If I had written this post 2 days ago, which I would not have for I felt the world ending, this post would be dark and disturbing. I would probably bring up suffocation, dying under an under-speeding trunk in the middle of the night, or killing someone you love. I would draw gory analogies for the pain in my chest that still hasn’t abandoned me.
I realized, when I woke up today, that there was nothing left to lament. Like I realized, early on in life, that there are no in-betweens in my mental health, and there are none in mummy’s. She went from hating me, wishing me dead, breaking things I made for her, to feeding me, in a night, in a few medicine doses. Everything went back to “as you were” like in a school assembly.

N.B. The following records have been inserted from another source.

//! What rows find on the kept side of a join, as loads.
ghost use Rattle.std.specs.Prelude.{◌≡◌, ◌<◌, ◌++◌, ◌∷◌, if◌then◌else◌, [], List, None, Some, IfOk, OnOk, OnErr, IsOkUnless};
ghost use Rattle.std.specs.Arc.{arc_value};
ghost use Rattle.morsel_meaning.specs.declared.fault.Fault.TheVariants.{OutOfMemory};
ghost use Rattle.morsel_meaning.specs.Values.{Row};
ghost use Rattle.morsel_rows_job.specs.RowsJobs.{IsCutOf};
ghost use Rattle.morsel_join.specs.BuildSides.{IsBuild};
ghost use Rattle.morsel_join.specs.Hits.{HaveHit};
ghost use Rattle.morsel_join.specs.Probings.{IsProbing, LooksUp};
ghost use Rattle.morsel_join_units.specs.RowCutters.{GivesRest, stretch_of};
ghost use Rattle.morsel_join_units.specs.ProbeMakers.{HasGiven, IsLookedUp, IsProbeMaker};

use crate::looked_up::LookedUp;
use crate::row_cutter::RowCutter;
use morsel_flat_units::LoadsMaker;
use morsel_frame::Frame;
use morsel_join::{Build, Hits, Probing};
use morsel_load::{Load, Morsel};
use morsel_meaning::Fault;
use morsel_rows_job::RowsJob;
use std::alloc::Global;
use std::snapshot::Snapshot;
use std::sync::Arc;

/// The rows of a load that are looked up, and how many of those that they find were given.
#[derive(Drop)]
pub struct Probed {
    probing: Probing,
    cutter: RowCutter,
}

/// Makes loads of what the rows of a load find on a kept side, each of so many rows at most.
#[derive(Drop)]
pub struct ProbeMaker {
    alloc: Global,
    build: Arc<Build, Global>,
    // How many rows a load has at most.
    rows: usize,
    /// Which kept rows were asked for.
    pub hits: Hits,
    /// The loads whose rows asked for them.
    pub looked: Vec<LookedUp>,
    probed: Option<Probed>,
}

impl ProbeMaker {
    /// One that has looked nothing up.
    pub fn new(alloc: Global, build: Arc<Build, Global>, rows: usize) -> Result<ProbeMaker, Fault>
        requires built { IsBuild (arc_value build) }
        requires some { 0 < rows }
        ensures build { IfOk result (λ maker. arc_value maker.build ≡ arc_value build) }
        ensures maker { IfOk result IsProbeMaker }
        ensures none { IfOk result (λ maker. (maker.probed ≡ None) × (maker.looked.items ≡ []) × HaveHit (arc_value build) maker.hits.seen.items []) }
        ensures out_of_memory { IsOkUnless result OutOfMemory }
    {
        let hits = Hits::new(alloc, &build)?;
        Ok(ProbeMaker {
            alloc,
            build,
            rows,
            hits,
            looked: Vec::new(alloc),
            probed: None,
        })
    }

    /// Looks the keys of a frame's rows up, which are those of a load.
    fn look_up(&mut self, frame: Frame, looked: LookedUp) -> Result<Probing, Fault>
        requires maker { IsProbeMaker self.old }
        requires none { self.old.probed ≡ None }
        requires columns { frame.schema ≡ (arc_value self.old.build).asked }
        requires frame { looked.frame.value ≡ frame }
        ensures same { (self.new.build ≡ self.old.build) × (self.new.probed ≡ None) }
        ensures maker { IsProbeMaker self.new }
        ensures found { IfOk result (IsLookedUp (arc_value self.old.build) frame) }
        ensures hits { OnOk result ((asked : List Row) → HaveHit (arc_value self.old.build) self.old.hits.seen.items asked → HaveHit (arc_value self.old.build) self.new.hits.seen.items (asked ++ frame.rows)) }
        ensures looked { OnOk result (self.new.looked.items ≡ self.old.looked.items ++ looked ∷ []) }
        ensures err { OnErr result ((self.new.looked.items ≡ self.old.looked.items) × (self.new.hits ≡ self.old.hits)) }
        ensures out_of_memory { IsOkUnless result OutOfMemory }
    {
        // No scan gives so many rows at once.
        if frame.height() >= u32::MAX as usize {
            return Err(Fault::OutOfMemory);
        }
        let probing = Probing::new(self.alloc, self.build.clone()?, frame)?;
        // From here on nothing fails, so the marks are those of the loads that are told.
        self.looked.push(looked)?;
        probing.mark(&mut self.hits);
        Ok(probing)
    }
}

impl Probed {
    /// The next rows that were found, as a load.
    fn next<K, J>(&mut self, alloc: Global, rows: usize) -> Result<Morsel<K, J>, Fault>
        requires probing { IsProbing self.old.probing }
        requires some { 0 < rows }
        ensures probing { IsProbing self.new.probing }
        ensures same { (self.new.cutter.seq ≡ self.old.cutter.seq) × (self.new.cutter.source ≡ self.old.cutter.source) × (stretch_of self.new.cutter ≡ stretch_of self.old.cutter) × (self.new.probing.build ≡ self.old.probing.build) }
        ensures cut { (all : List Row) → HasGiven all self.old → IfOk result (λ morsel. IsCutOf all (stretch_of self.old.cutter) morsel.frame.rows morsel.stretch) }
        ensures given { (all : List Row) → HasGiven all self.old → OnOk result (HasGiven all self.new) }
        ensures rows { (rest : List Row) → LooksUp self.old.probing rest → IfOk result (λ morsel. GivesRest (LooksUp self.new.probing) rest morsel.frame.rows morsel.stretch.last) }
        ensures free { IfOk result (λ morsel. morsel.consume_token ≡ None) }
        ensures number { IfOk result (λ morsel. morsel.seq ≡ self.old.cutter.seq) }
        ensures source { IfOk result (λ morsel. morsel.source_token.source ≡ self.old.cutter.source.source) }
        ensures place { IfOk result (λ morsel. (morsel.stretch.from ≡ self.old.cutter.from) × (morsel.stretch.to ≡ self.old.cutter.to)) }
        ensures columns { IfOk result (λ morsel. morsel.frame.schema ≡ (arc_value self.old.probing.build).rules.output) }
        ensures out_of_memory { IsOkUnless result OutOfMemory }
    {
        let some = self.probing.next(alloc, rows)?;
        let morsel = self.cutter.cut(some)?;
        Ok(morsel)
    }

    /// What is still to be given; nothing where the last rows were.
    fn unless_last(self, last: bool) -> Option<Probed>
        ensures { result ≡ (if last then None else Some self) }
    {
        if last {
            return None;
        }
        Some(self)
    }
}

impl<K: Drop, J: RowsJob<K>> LoadsMaker<K, J> for ProbeMaker {
    ghost use Rattle.std.specs.Prelude.{◌≡◌, ◌++◌, ◌∷◌, [], All, List, None, IfSome, IfOk, OnOk, IsOkUnless, refl};
    ghost use Rattle.std.proofs.Common.{◌∙◌};
    ghost use Rattle.std.specs.Arc.{arc_value};
    ghost use Rattle.morsel_meaning.specs.declared.fault.Fault.TheVariants.{OutOfMemory};
    ghost use Rattle.morsel_load.specs.Loads.{LoadSeen, held_token, load_seen};
    ghost use Rattle.morsel_lane_pipe.specs.Stretches.{ends_of};
    ghost use Rattle.morsel_flat_units.specs.FlatUnits.{made_ends, made_loads};
    ghost use Rattle.morsel_join.specs.BuildSides.{kept_side};
    ghost use Rattle.morsel_rows_job.specs.RowsJobs.{AreWholeRows};
    ghost use Rattle.morsel_join_units.specs.LookedUps.{AreLookedUpOf};
    ghost use Rattle.morsel_join_units.specs.ProbeMakers.{DidProbe, FindsFor, IsProbeMaker, stretch_left};

    ghost joins = { λ maker from to. IsProbeMaker maker × J.gives_rows from (arc_value maker.build).asked × J.finds (kept_side (arc_value maker.build)) from to × All (AreLookedUpOf J.suits from) maker.looked.items };

    ghost takes = { λ maker load. IsProbeMaker maker × AreWholeRows (arc_value maker.build).asked load };

    ghost makes_for = { λ maker to. FindsFor J.suits J.finds (kept_side (arc_value maker.build)) to maker.probed };

    ghost left = { λ maker. stretch_left maker.probed };

    ghost did = { λ maker taken made. DidProbe maker taken made };

    ghost is_later = { λ maker later. arc_value later.build ≡ arc_value maker.build };

    ghost may_fail = { λ job fault. fault ≡ OutOfMemory };

    fn begin(&mut self, load: Load<K, J>) -> Result<(), Fault>
        requires takes { IsProbeMaker self.old × AreWholeRows (arc_value self.old.build).asked (load_seen load) }
        requires free { held_token load ≡ None }
        requires none_left { stretch_left self.old.probed ≡ [] }
        ensures joins { (from to : J) → IsProbeMaker self.old × J.gives_rows from (arc_value self.old.build).asked × J.finds (kept_side (arc_value self.old.build)) from to × All (AreLookedUpOf J.suits from) self.old.looked.items → J.suits from (load_seen load) → IsProbeMaker self.new × J.gives_rows from (arc_value self.new.build).asked × J.finds (kept_side (arc_value self.new.build)) from to × All (AreLookedUpOf J.suits from) self.new.looked.items }
        ensures makes_for { OnOk result ((from to : J) → IsProbeMaker self.old × J.gives_rows from (arc_value self.old.build).asked × J.finds (kept_side (arc_value self.old.build)) from to × All (AreLookedUpOf J.suits from) self.old.looked.items → J.suits from (load_seen load) → FindsFor J.suits J.finds (kept_side (arc_value self.new.build)) to self.new.probed) }
        ensures left { OnOk result (stretch_left self.new.probed ≡ ends_of (load_seen load)) }
        ensures did { OnOk result ((taken made : List LoadSeen) → DidProbe self.old taken made → DidProbe self.new (taken ++ load_seen load ∷ []) made) }
        ensures later { arc_value self.new.build ≡ arc_value self.old.build }
        ensures failed { IsOkUnless result OutOfMemory }
    {
        let Load::Morsel(morsel) = load else {
            unreachable!()
        };
        let stretch = morsel.stretch();
        let (frame, seq, source, _) = morsel.into_inner();
        let looked = LookedUp {
            seq,
            stretch,
            frame: Snapshot::of(&frame),
        };
        let probing = self.look_up(frame, looked)?;
        self.probed = Some(Probed {
            probing,
            cutter: RowCutter {
                seq,
                source,
                from: stretch.from,
                to: stretch.to,
                given: 0,
            },
        });
        Ok(())
    }

    fn next(&mut self) -> Result<Option<Load<K, J>>, Fault>
        requires joined { (from : J) × (to : J) × (IsProbeMaker self.old × J.gives_rows from (arc_value self.old.build).asked × J.finds (kept_side (arc_value self.old.build)) from to × All (AreLookedUpOf J.suits from) self.old.looked.items) × FindsFor J.suits J.finds (kept_side (arc_value self.old.build)) to self.old.probed }
        ensures joins { (from to : J) → IsProbeMaker self.old × J.gives_rows from (arc_value self.old.build).asked × J.finds (kept_side (arc_value self.old.build)) from to × All (AreLookedUpOf J.suits from) self.old.looked.items → IsProbeMaker self.new × J.gives_rows from (arc_value self.new.build).asked × J.finds (kept_side (arc_value self.new.build)) from to × All (AreLookedUpOf J.suits from) self.new.looked.items }
        ensures suits { IfOk result (λ made. IfSome made (λ load. (to : J) → FindsFor J.suits J.finds (kept_side (arc_value self.old.build)) to self.old.probed → J.suits to (load_seen load))) }
        ensures free { IfOk result (λ made. IfSome made (λ load. held_token load ≡ None)) }
        ensures makes_for { OnOk result ((to : J) → FindsFor J.suits J.finds (kept_side (arc_value self.old.build)) to self.old.probed → FindsFor J.suits J.finds (kept_side (arc_value self.new.build)) to self.new.probed) }
        ensures left { IfOk result (λ made. stretch_left self.old.probed ≡ made_ends made ++ stretch_left self.new.probed) }
        ensures none_left { IfOk result (λ made. made ≡ None → stretch_left self.new.probed ≡ []) }
        ensures did { IfOk result (λ made. (taken before : List LoadSeen) → DidProbe self.old taken before → DidProbe self.new taken (before ++ made_loads made)) }
        ensures later { arc_value self.new.build ≡ arc_value self.old.build }
        ensures failed { IsOkUnless result OutOfMemory }
    {
        let Some(mut probed) = self.probed.take() else {
            return Ok(None);
        };
        let morsel = probed.next(self.alloc, self.rows)?;
        let last = morsel.stretch().last;
        self.probed = probed.unless_last(last);
        Ok(Some(Load::Morsel(morsel)))
    }

    ghost takes_suiting = { λ maker from to seen joins suits. (joins.0, J.are_rows from (arc_value maker.build).asked seen joins.1 suits) };

    ghost later_same = { λ maker. refl };

    ghost later_next = { λ first mid last later more. more ∙ later };
}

And only now am I learning to navigate the low time without hate and remorse. I haven’t managed, yet. But I feel braver than yesterday, every day.
I try to put a distance between myself and the words that are hurled and received. But they remain, locked away in time. They hang in my life, limp and heavy, as I try to recover the room of my mind from the storm. The initial setting happens quickly, chairs are straightened, papers gathered, and the routine goes on. But I have trouble placing the smaller objects; sleep eludes me; when it comes, I dream ferociously like I never slept at all. In my dream, I ate chips for hours and hours. Then I work at healing my digestive system, only after which I pick up the shards of my work life. I dust the platforms and fold clothes: I meet baby R and she exclaims “Look Dida, the moon is traveling with us” “Papa, you aren’t driving well, I can’t see the moon!” like airing the room. But the heaviness clings to the air. I am happy, deeply happy I assure you, but I feel oppressed by a sense of loss: not of present loss, but of something missing in the past. If that makes sense.